Geldoff is a character appearing in American comic books published by Marvel Comics. He first appeared in the Ultimate Marvel Universe's Ultimate Spider-Man #40 (July 2003) written by Brian Michael Bendis with art from Mark Bagley. Geldoff was brought to Earth-616 by Dan Slott and Christos N. Gage in Avengers: The Initiative #8 (February 2008), where he was given the code name, Proton.

Fictional character biography

Geldoff was a Latverian orphan who was experimented on in the womb. While drunk at a party, Geldoff blew up random cars with his powers. Aware of Geldoff's rampages, Spider-Man denounced his irresponsible behavior.
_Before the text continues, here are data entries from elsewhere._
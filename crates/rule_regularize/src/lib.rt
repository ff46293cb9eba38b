// The rules of `regularize` and `improve_layout`, and their laws: see specs/ and proofs/.

#![tactic(auto)]

use points::Point;

// What both diagonals of a swap are measured by: the normal, and the lesser shape of the two quads.
#[derive(Clone, Copy)]
pub struct Held {
    pub normal: Point,
    pub old: f64,
}
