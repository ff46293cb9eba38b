// The edges of a sheet. The edge map: is a pair of points an edge? The corners in the order of their edges, and a
// search by halves among those of a smaller point. The walk over the corners in that order: what begins at each place.

#![tactic(auto)]

ghost use Rattle.std.specs.Prelude.{◌≡◌, true, ◌+◌, ◌-◌, ◌*◌, ◌<◌, ◌≤◌, length, get_or, take, ltb};
ghost use Rattle.lists.specs.Sort.{tabulate};
ghost use Rattle.lists.specs.Steps.{count_of};
ghost use Rattle.lists.specs.Regions.{part, Part, Out, Out3, Kept, Three};
ghost use Rattle.rule_sheet.specs.Quads.{all, is_edge};
ghost use Rattle.rule_sheet.specs.Flat.{quads_of};
ghost use Rattle.rule_sheet.specs.Tests.{proper};
ghost use Rattle.sheet.specs.Flat.{to};
ghost use Rattle.sheet.specs.Edges.{larger};
ghost use Rattle.incidence.specs.Corners.{Known, Cornered, edge_order};
ghost use Rattle.edges.specs.Steps.{first_edge, same_edge, linked, goes_on, same_start, kind_at, pair_at, edge_counts};
ghost use Rattle.edges.specs.Conditions.{EdgeMapHolds, Ascending, Narrowed, WalkAsks};

use incidence::Key;

// The places from lo up to hi.
#[derive(Clone, Copy)]
struct Span {
    lo: usize,
    hi: usize,
}

// What begins at a place in edge order: no edge, one with one corner, with two from different ends, with two from the
// same end, with more.
#[derive(Clone, Copy, PartialEq, Eq)]
pub enum EdgeKind {
    Nothing,
    Boundary,
    Opposite,
    Turned,
    Nonmanifold,
}

// The edges with one quad, with more than two, and with two that run the same way.
#[derive(Clone, Copy)]
pub struct EdgeCounts {
    pub boundary: usize,
    pub nonmanifold: usize,
    pub orientation: usize,
}

// Copies nq quads to the region at was.
pub fn copy_quads(nq: usize, quads: &[u32], was: usize, w: &mut [u32])
    requires nq_in_bounds { 4 * nq ≤ length quads.now }
    requires nq_in_bounds_2 { was + 4 * nq ≤ length w.old }
    ensures part { Part was (4 * nq) (take (4 * nq) quads.now) w.new }
    ensures kept { Kept (Out was (4 * nq)) w.old w.new }
{
    lists::copy(&mut w[was..was + 4 * nq], &quads[..4 * nq]);
}

// The corners of nq quads by ascending (smaller, larger) point of their edges in the region at order, and where those
// of each smaller point begin in the np + 1 elements at starts. The region at first is work.
pub fn edge_map(
    np: usize,
    nq: usize,
    quads: &[u32],
    first: usize,
    starts: usize,
    order: usize,
    w: &mut [u32],
)
    requires cornered { Cornered np nq quads.now }
    requires three { Three first (4 * nq) starts (np + 1) order (4 * nq) w.old }
    ensures part { Part order (4 * nq) (edge_order np nq quads.now) w.new }
    ensures part_2 { Part starts (np + 1) (tabulate (first_edge np nq quads.now) (np + 1)) w.new }
    ensures kept { Kept (Out3 first (4 * nq) starts (np + 1) order (4 * nq)) w.old w.new }
{
    incidence::edge_order(np, nq, quads, first, starts + 1, order, w);
    w[starts] = 0;
}

// The half of s in which the first corner stands whose larger point is not below b.
fn halved(quads: &[u32], corners: &[u32], b: usize, s: Span) -> Span
    requires ascending { Ascending quads.now corners.now }
    requires narrowed { Narrowed quads.now corners.now b s.lo s.hi }
    requires lo_lt_hi { s.lo < s.hi }
    ensures narrowed_2 { Narrowed quads.now corners.now b result.lo result.hi }
    ensures lo_bound { 2 * (result.hi - result.lo) ≤ s.hi - s.lo }
{
    let mid = s.lo + (s.hi - s.lo) / 2;
    let c = lists::at(corners, mid);
    if incidence::key_at(quads, Key::Larger, c) < b {
        return Span {
            lo: mid + 1,
            hi: s.hi,
        };
    }
    Span { lo: s.lo, hi: mid }
}

// Where the first corner stands whose larger point is not below b. The library's `partition_point` would read a key of
// any number, and only the quads' own corners have one.
fn first_from(quads: &[u32], corners: &[u32], b: usize) -> usize
    requires { Ascending quads.now corners.now }
    ensures { Narrowed quads.now corners.now b result result }
{
    let mut s = Span {
        lo: 0,
        hi: corners.len(),
    };
    while s.lo < s.hi {
        s = halved(quads, corners, b, s);
    }
    s.lo
}

// Whether one of the corners has the larger point b.
fn has_larger(quads: &[u32], corners: &[u32], b: usize) -> bool
    requires { Ascending quads.now corners.now }
    ensures { result ≡ ltb 0 (count_of (larger quads.now) corners.now b) }
{
    let i = first_from(quads, corners, b);
    if i < corners.len() {
        let c = lists::at(corners, i);
        return incidence::key_at(quads, Key::Larger, c) == b;
    }
    false
}

// Whether a and b, the smaller one first, are an edge of the map.
fn is_rising_edge(
    np: usize,
    nq: usize,
    was: usize,
    starts: usize,
    order: usize,
    a: usize,
    b: usize,
    w: &[u32],
) -> bool
    requires edge_map_holds { EdgeMapHolds np nq was starts order w.now }
    requires a_le_b { a ≤ b }
    requires b_lt_np { b < np }
    ensures { result ≡ is_edge (quads_of nq (part was (4 * nq) w.now)) a b }
{
    let s = lists::at(w, starts + a);
    let e = lists::at(w, starts + a + 1);
    has_larger(&w[was..was + 4 * nq], &w[order + s..order + e], b)
}

// Whether u and v are an edge of the map.
pub fn is_edge(
    np: usize,
    nq: usize,
    was: usize,
    starts: usize,
    order: usize,
    u: usize,
    v: usize,
    w: &[u32],
) -> bool
    requires edge_map_holds { EdgeMapHolds np nq was starts order w.now }
    requires u_lt_np { u < np }
    requires v_lt_np { v < np }
    ensures { result ≡ is_edge (quads_of nq (part was (4 * nq) w.now)) u v }
{
    is_rising_edge(np, nq, was, starts, order, u.min(v), u.max(v), w)
}

// ---- the walk over the corners in edge order

// The point after corner c in its quad.
pub fn point_after(quads: &[u32], c: usize) -> usize
    requires { Known quads.now c }
    ensures { result ≡ to quads.now c }
{
    lists::at(quads, c / 4 * 4 + (c + 1) % 4)
}

// The corners c and d begin the same edge.
pub fn same_edge(quads: &[u32], c: usize, d: usize) -> bool
    requires known { Known quads.now c }
    requires known_2 { Known quads.now d }
    ensures { result ≡ same_edge quads.now c d }
{
    let a = lists::at(quads, c);
    let b = point_after(quads, c);
    let e = lists::at(quads, d);
    let f = point_after(quads, d);
    ((a == e) & (b == f)) | ((a == f) & (b == e))
}

// The corner at place i of the n at order.
pub fn place_at(order: usize, n: usize, i: usize, w: &[u32]) -> usize
    requires n_in_bounds { order + n ≤ length w.now }
    requires i_lt_n { i < n }
    ensures { result ≡ get_or (part order n w.now) i 0 }
{
    lists::at(w, order + i)
}

// There is a place j, and its corner begins the same edge as that of place i.
fn is_linked(quads: &[u32], order: usize, n: usize, i: usize, j: usize, w: &[u32]) -> bool
    requires walk_asks { WalkAsks quads.now order n w.now }
    requires i_lt_n { i < n }
    ensures { result ≡ linked quads.now n (part order n w.now) i j }
{
    if j >= n {
        return false;
    }
    same_edge(quads, place_at(order, n, i, w), place_at(order, n, j, w))
}

// The corner of place i begins the same edge as that of the place before.
fn goes_on(quads: &[u32], order: usize, n: usize, i: usize, w: &[u32]) -> bool
    requires walk_asks { WalkAsks quads.now order n w.now }
    requires i_lt_n { i < n }
    ensures { result ≡ goes_on quads.now (part order n w.now) i }
{
    if i == 0 {
        return false;
    }
    same_edge(
        quads,
        place_at(order, n, i - 1, w),
        place_at(order, n, i, w),
    )
}

// The corners of the places i and i + 1 begin at the same point.
fn same_start(quads: &[u32], order: usize, n: usize, i: usize, w: &[u32]) -> bool
    requires walk_asks { WalkAsks quads.now order n w.now }
    requires i_bound { i + 1 < n }
    ensures { result ≡ same_start quads.now (part order n w.now) i }
{
    let a = lists::at(quads, place_at(order, n, i, w));
    let b = lists::at(quads, place_at(order, n, i + 1, w));
    a == b
}

// What begins at place i.
fn kind_at(quads: &[u32], order: usize, n: usize, i: usize, w: &[u32]) -> EdgeKind
    requires walk_asks { WalkAsks quads.now order n w.now }
    requires i_lt_n { i < n }
    ensures { result ≡ kind_at quads.now n (part order n w.now) i }
{
    if goes_on(quads, order, n, i, w) {
        return EdgeKind::Nothing;
    }
    if !is_linked(quads, order, n, i, i + 1, w) {
        return EdgeKind::Boundary;
    }
    if is_linked(quads, order, n, i, i + 2, w) {
        return EdgeKind::Nonmanifold;
    }
    if same_start(quads, order, n, i, w) {
        return EdgeKind::Turned;
    }
    EdgeKind::Opposite
}

// An edge of exactly two corners begins at place i.
pub fn is_pair(quads: &[u32], order: usize, n: usize, i: usize, w: &[u32]) -> bool
    requires walk_asks { WalkAsks quads.now order n w.now }
    requires i_lt_n { i < n }
    ensures { result ≡ pair_at quads.now n (part order n w.now) i }
{
    matches!(
        kind_at(quads, order, n, i, w),
        EdgeKind::Opposite | EdgeKind::Turned
    )
}

// Counts the edges of each kind in the corners of nq quads in edge order, at order.
pub fn edge_counts(np: usize, nq: usize, quads: &[u32], order: usize, w: &[u32]) -> EdgeCounts
    requires cornered { Cornered np nq quads.now }
    requires quads_value { all (proper np) (quads_of nq quads.now) ≡ true }
    requires part { Part order (4 * nq) (edge_order np nq quads.now) w.now }
    ensures { result ≡ edge_counts np (quads_of nq quads.now) }
{
    let n = 4 * nq;
    let mut boundary = 0;
    let mut nonmanifold = 0;
    let mut orientation = 0;
    for i in 0..n {
        match kind_at(quads, order, n, i, w) {
            EdgeKind::Nothing => {}
            EdgeKind::Boundary => boundary += 1,
            EdgeKind::Opposite => {}
            EdgeKind::Turned => orientation += 1,
            EdgeKind::Nonmanifold => nonmanifold += 1,
        }
    }
    EdgeCounts {
        boundary,
        nonmanifold,
        orientation,
    }
}
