// Little-endian words in lent bytes. The compiler turns each of these into a single load or store.
#![tactic(auto)]

pub mod runs;

ghost use Rattle.std.specs.Prelude.{◌≡◌, ◌+◌, ◌*◌, ◌≤◌, length};
ghost use Rattle.words.specs.Word.{spelt, word, put};

// The four bytes from i on, as a number.
#[tactic(auto, unfolding(crate::specs::Word::spelt))]
pub fn word_at(r: &[u8], i: usize) -> u32
    requires { i + 4 ≤ length r.now }
    ensures { result ≡ spelt r.now i }
{
    u32::from_le_bytes([r[i], r[i + 1], r[i + 2], r[i + 3]])
}

// The word at the place p.
pub fn get_word(b: &[u8], p: usize) -> u32
    requires { 4 * p + 4 ≤ length b.now }
    ensures { result ≡ word b.now p }
{
    word_at(b, 4 * p)
}

// The word w put at the place p.
#[tactic(auto, using(crate::proofs::Laws::put_is))]
pub fn put_word(b: &mut [u8], p: usize, w: u32)
    requires { 4 * p + 4 ≤ length b.old }
    ensures { b.new ≡ put b.old p w }
{
    b[4 * p..4 * p + 4].copy_from_slice(&w.to_le_bytes());
}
When police arrived, Spider-Man was made to leave and Geldoff clung to the back of his costume as Spider-Man swung away.

Spider-Man again tried to make Geldoff realize how irresponsible he had been. Spider-Man tried to convince him to use his abilities to help people, but Geldoff could not see why. When Spider-Man paused to foil a robbery in a shop below, Geldoff blew up a vehicle outside the shop, injuring those inside indiscriminately. Geldoff believed he had performed a good deed, and was shocked when an enraged Spider-Man attacked him. Geldoff angrily threatened to use his powers directly on the hero, but was interrupted by the arrival of the X-Men. Confronted by the mutants, Geldoff fainted.

Geldoff was taken back to their mansion for examination. Awaking in a panic en route, Geldoff blew out the side of the plane. Later, at the mansion, Professor Xavier telepathically sedated Geldoff and determined his experimental origins. Horrified, Xavier decided to present Geldoff to scientific organizations and the United Nations as proof of immoral and illegal genetic research. Spider-Man headed home, but not before the woozy Geldoff apologized for threatening him.

Powers and abilities
Geldoff can generate and discharge explosive energy balls. How this power effects living tissue is unknown, as he has yet to use it on anything organic. Geldoff himself seems immune to the energy.

Other versions

Earth-616

Geldoff was introduced into Earth-616 (core Marvel Universe) by writers Dan Slott and Christos N. Gage along with artist Stefano Caselli, as a Fifty State Initiative recruit in Avengers: The Initiative #8 (February 2008) who arrives in the Camp Hammond training facility during the issue. Geldoff is seen in the following issue using the codename Proton during a combat training exercise when MVP clone KIA attacks. In the aftermath of the "Killed In Action" storyline, Proton is one of the recruits who presents a deceased Dragon Lord's ashes to his family.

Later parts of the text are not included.